Basically we discovered an issue with our CAA record checking system. If the
system timed out, we would treat the failure as a DNS failure instead of an
internal failure. Per the BRs Section 3.2.2:

"CAs are permitted to treat a record lookup failure as permission to issue
if:

. the failure is outside the CA's infrastructure;

. the lookup has been retried at least once; and

. the domain's zone does not have a DNSSEC validation chain to the ICANN
root"



The failure was not outside our infrastructure so issuance was improper.



We checked all the applicable CAA records and found 16 where the CAA record
would not permit us to issue if we were issuing a new cert today. What we
are proposing is to revoke these certificates and reissue them (if they pass
all the proper checks). The rest would pass if we issued today so we were
going to leave these where they are while disclosing them to the Mozilla
community.



Jeremy Rowley

unread,
May 10, 2019, 3:55:35 PM5/10/19
to ry...@sleevi.com, mozilla-dev-s...@lists.mozilla.org
The analysis was basically that all the verification documents are still good, which means if we issued the cert today, the issuance would pass without further checks (since the data itself is good for 825 days). Because of this, customers with domains that didn’t prohibit Digicert in their CAA record (anywhere in the chain) could simply reissue the certificate without a problem. We could require this of all customers. For the 16, issuance would fail if the CAA check was performed today. Therefore, we want to revoke those.



The one reason I wanted more time to respond is that we think we may have most CAA records in our Splunk data for the time of issuance. Our new plan is that we will revoke all certs unless we can confirm the CAA record was permissive at the time of issuance. I don’t know the number of certs that we will revoke yet. I’ll post an update when we compare the Splunk data to the issuance data.

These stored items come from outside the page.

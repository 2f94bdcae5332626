//! The calls that concern an item, of each item of a queue.

ghost use Rattle.std.specs.Prelude.{◌≡◌, [], true, IfOk, OnOk, slice_get};
ghost use Rattle.std.specs.Ordering.{int_eq};
ghost use Rattle.indexmap.specs.IndexMap.{get};
ghost use Rattle.lin_ahead.specs.Queues.ItemRows.{IsRowAfter, AreRowsAfter, ArePlaced, AreEmpty};
ghost use Rattle.lin_ahead.specs.Queues.Slots.{concerns_at, is_open_taker, AreItemRows};

use crate::items::calls::{item_put, item_taken};
use crate::items::item_calls::item_of;
use indexmap::IndexMap;
use lin_history::ProblemCall;
use lin_object::{Op, Reply};
use std::alloc::{AllocError, Global};

/// An item, and the calls that concern it.
#[derive(Drop)]
pub(crate) struct ItemRow {
    /// The item.
    pub item: i64,
    /// The calls that put it in, returned with it, or are pending dequeues, in rising order.
    pub calls: Vec<usize>,
}

impl ItemRow {
    // The row of the item, with no call yet.
    fn new(alloc: Global, item: i64) -> Self
        ensures item { result.item ≡ item }
        ensures calls { result.calls.items ≡ [] }
    {
        ItemRow {
            item,
            calls: Vec::new(alloc),
        }
    }

    // Whether it is the row of the item.
    fn is_of(&self, item: i64) -> bool
        ensures { result ≡ int_eq self.now.item item }
    {
        self.item == item
    }

    // Puts the call behind the others.
    fn push(&mut self, call: usize) -> Result<(), AllocError>
        ensures { OnOk result (IsRowAfter call true self.old self.new) }
    {
        self.calls.push(call)?;
        Ok(())
    }
}

// Adds a row of the item, where there is none.
fn add_row(
    alloc: Global,
    rows: &mut Vec<ItemRow>,
    places: &mut IndexMap<i64, usize>,
    item: i64,
) -> Result<(), AllocError>
    requires placed { ArePlaced rows.old.items (get int_eq places.old) }
    requires empty { AreEmpty rows.old.items }
    ensures placed { OnOk result (ArePlaced rows.new.items (get int_eq places.new)) }
    ensures empty { OnOk result (AreEmpty rows.new.items) }
{
    if places.get(&item).is_some() {
        return Ok(());
    }
    places.insert(item, rows.len())?;
    rows.push(ItemRow::new(alloc, item))?;
    Ok(())
}

// The place that is noted for the item.
fn place_of(places: &IndexMap<i64, usize>, item: i64) -> Option<usize>
    ensures { result ≡ get int_eq places.now item }
{
    places.get(&item).copied()
}

// Puts the call, which concerns this item alone, to the item's row.
fn add_to(
    rows: &mut Vec<ItemRow>,
    places: &IndexMap<i64, usize>,
    item: i64,
    call: usize,
) -> Result<(), AllocError>
    requires { ArePlaced rows.old.items (get int_eq places.now) }
    ensures { OnOk result (AreRowsAfter call (λ v. int_eq v item) rows.old.items rows.new.items) }
{
    let Some(place) = place_of(places, item) else {
        return Ok(());
    };
    if place >= rows.len() {
        return Ok(());
    }
    if !rows[place].is_of(item) {
        return Ok(());
    }
    rows[place].push(call)?;
    Ok(())
}

// Puts the call, which concerns each item, to all rows.
fn add_to_all(rows: &mut Vec<ItemRow>, call: usize) -> Result<(), AllocError>
    ensures { OnOk result (AreRowsAfter call (λ v. true) rows.old.items rows.new.items) }
{
    for place in 0..rows.len() {
        rows[place].push(call)?;
    }
    Ok(())
}

// Whether it is a dequeue that is pending.
fn is_open_taker(call: &ProblemCall<Op, Reply>) -> bool
    ensures { result ≡ is_open_taker call.now.op call.now.returned }
{
    matches!((&call.op, &call.returned), (Op::Dequeue, None))
}

// Puts the call of this number, if there is one, to the rows of the items that it concerns.
fn add_call(
    rows: &mut Vec<ItemRow>,
    places: &IndexMap<i64, usize>,
    calls: &[ProblemCall<Op, Reply>],
    number: usize,
) -> Result<(), AllocError>
    requires { ArePlaced rows.old.items (get int_eq places.now) }
    ensures { OnOk result (AreRowsAfter number (λ v. concerns_at v (slice_get calls.now number))
        rows.old.items rows.new.items) }
{
    let Some(call) = calls.get(number) else {
        return Ok(());
    };
    if let Some(item) = item_of(call) {
        add_to(rows, places, item, number)?;
    } else if is_open_taker(call) {
        add_to_all(rows, number)?;
    }
    Ok(())
}

// Puts each of the calls to the rows of the items that it concerns.
fn add_calls(
    rows: &mut Vec<ItemRow>,
    places: &IndexMap<i64, usize>,
    calls: &[ProblemCall<Op, Reply>],
) -> Result<(), AllocError>
    requires placed { ArePlaced rows.old.items (get int_eq places.now) }
    requires empty { AreEmpty rows.old.items }
    ensures { OnOk result (AreItemRows calls.now rows.new.items) }
{
    for number in 0..calls.len() {
        add_call(rows, places, calls, number)?;
    }
    Ok(())
}

/// The rows of these items, each once. It takes O(n) for n calls and items, and as many steps more as there are rows for each
/// dequeue that is pending.
pub(crate) fn item_rows(
    alloc: Global,
    calls: &[ProblemCall<Op, Reply>],
    items: &[i64],
) -> Result<Vec<ItemRow>, AllocError>
    ensures { IfOk result (λ rows. AreItemRows calls.now rows.items) }
{
    let mut rows = Vec::new(alloc);
    let mut places = IndexMap::new(alloc);
    for item in items {
        add_row(alloc, &mut rows, &mut places, *item)?;
    }
    add_calls(&mut rows, &places, calls)?;
    Ok(rows)
}

/// For each call that puts an item in, or else for each that returned with one, its row; nothing where there are no rows. It is a hint.
pub(crate) fn rows_by_call(
    alloc: Global,
    calls: &[ProblemCall<Op, Reply>],
    rows: &[ItemRow],
    puts: bool,
) -> Result<Vec<Option<usize>>, AllocError> {
    if rows.is_empty() {
        return Ok(Vec::new(alloc));
    }
    let mut row_of = vec![in alloc; None; calls.len()]?;
    for row in 0..rows.len() {
        for call in rows[row].calls.as_slice() {
            let item = if puts {
                item_put(calls, *call)
            } else {
                item_taken(calls, *call)
            };
            match row_of.get_mut(*call) {
                Some(own) if item.is_some() => *own = Some(row),
                _ => {}
            }
        }
    }
    Ok(row_of)
}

The real problem was the CA would kick off a request to the CAA checker. If the CA encountered an error, the request would time out. The CAA record may still have checked the CAA records appropriately but the CA never pulled the information to verify issuance authorization. So it’s a mis-issuance unless we can pull the data and prove it wasn’t. Combing through the archive data will take a while.



Jeremy



From: Ryan Sleevi <ry...@sleevi.com>
Sent: Friday, May 10, 2019 11:54 AM
To: Jeremy Rowley <jeremy...@digicert.com>
Cc: mozilla-dev-s...@lists.mozilla.org
Subject: Re: CAA record checking issue







On Thu, May 9, 2019 at 10:05 PM Jeremy Rowley via dev-security-policy <dev-secur...@lists.mozilla.org <mailto:dev-secur...@lists.mozilla.org> > wrote:

We checked all the applicable CAA records and found 16 where the CAA record
would not permit us to issue if we were issuing a new cert today. What we
are proposing is to revoke these certificates and reissue them (if they pass
all the proper checks). The rest would pass if we issued today so we were
going to leave these where they are while disclosing them to the Mozilla
community.



Ryan Sleevi

unread,
May 10, 2019, 4:15:58 PM5/10/19
to Jeremy Rowley, ry...@sleevi.com, mozilla-dev-s...@lists.mozilla.org
On Fri, May 10, 2019 at 3:55 PM Jeremy Rowley <jeremy...@digicert.com>
wrote:

> The analysis was basically that all the verification documents are still
> good, which means if we issued the cert today, the issuance would pass
> without further checks (since the data itself is good for 825 days).
> Because of this, customers with domains that didn’t prohibit Digicert in
> their CAA record (anywhere in the chain) could simply reissue the
> certificate without a problem. We could require this of all customers. For
> the 16, issuance would fail if the CAA check was performed today.
> Therefore, we want to revoke those.
>

>
> The one reason I wanted more time to respond is that we think we may have
> most CAA records in our Splunk data for the time of issuance. Our new plan
> is that we will revoke all certs unless we can confirm the CAA record was
> permissive at the time of issuance. I don’t know the number of certs that
> we will revoke yet. I’ll post an update when we compare the Splunk data to
> the issuance data.
>

Thanks for answering. I was hoping you had a more thorough analysis ;) I do
have other questions about the implementation details, but I'll add those
to the bug, so we can focus this discussion on the immediate remediation
steps.

I guess my reservation with such an approach (and this is more a metapoint)
is consider issuing an EV certificate without having the supporting
documentation and/or without validating the documentation. You later come
back to the documents, validate them, and find out you got lucky - the
information was actually correct, even though the controls failed and the
process wasn't followed. Do you revoke the certificates, on the basis the
process failed, or do you not revoke them, because they were eventually
consistent?

This might sound like a hypothetical, but it's a question this industry has
faced in the past [1][2], and browsers have reached different conclusions
than CAs. It's not immediately clear to me how the proposed response here
differs from those past responses, and may highlight some of the difference
in philosophies here. An analysis that considered these past events, and
how they were received by the community, and how there may be different
facts here that lead to different conclusions, would be useful in both
validating and justifying the proposed course of action.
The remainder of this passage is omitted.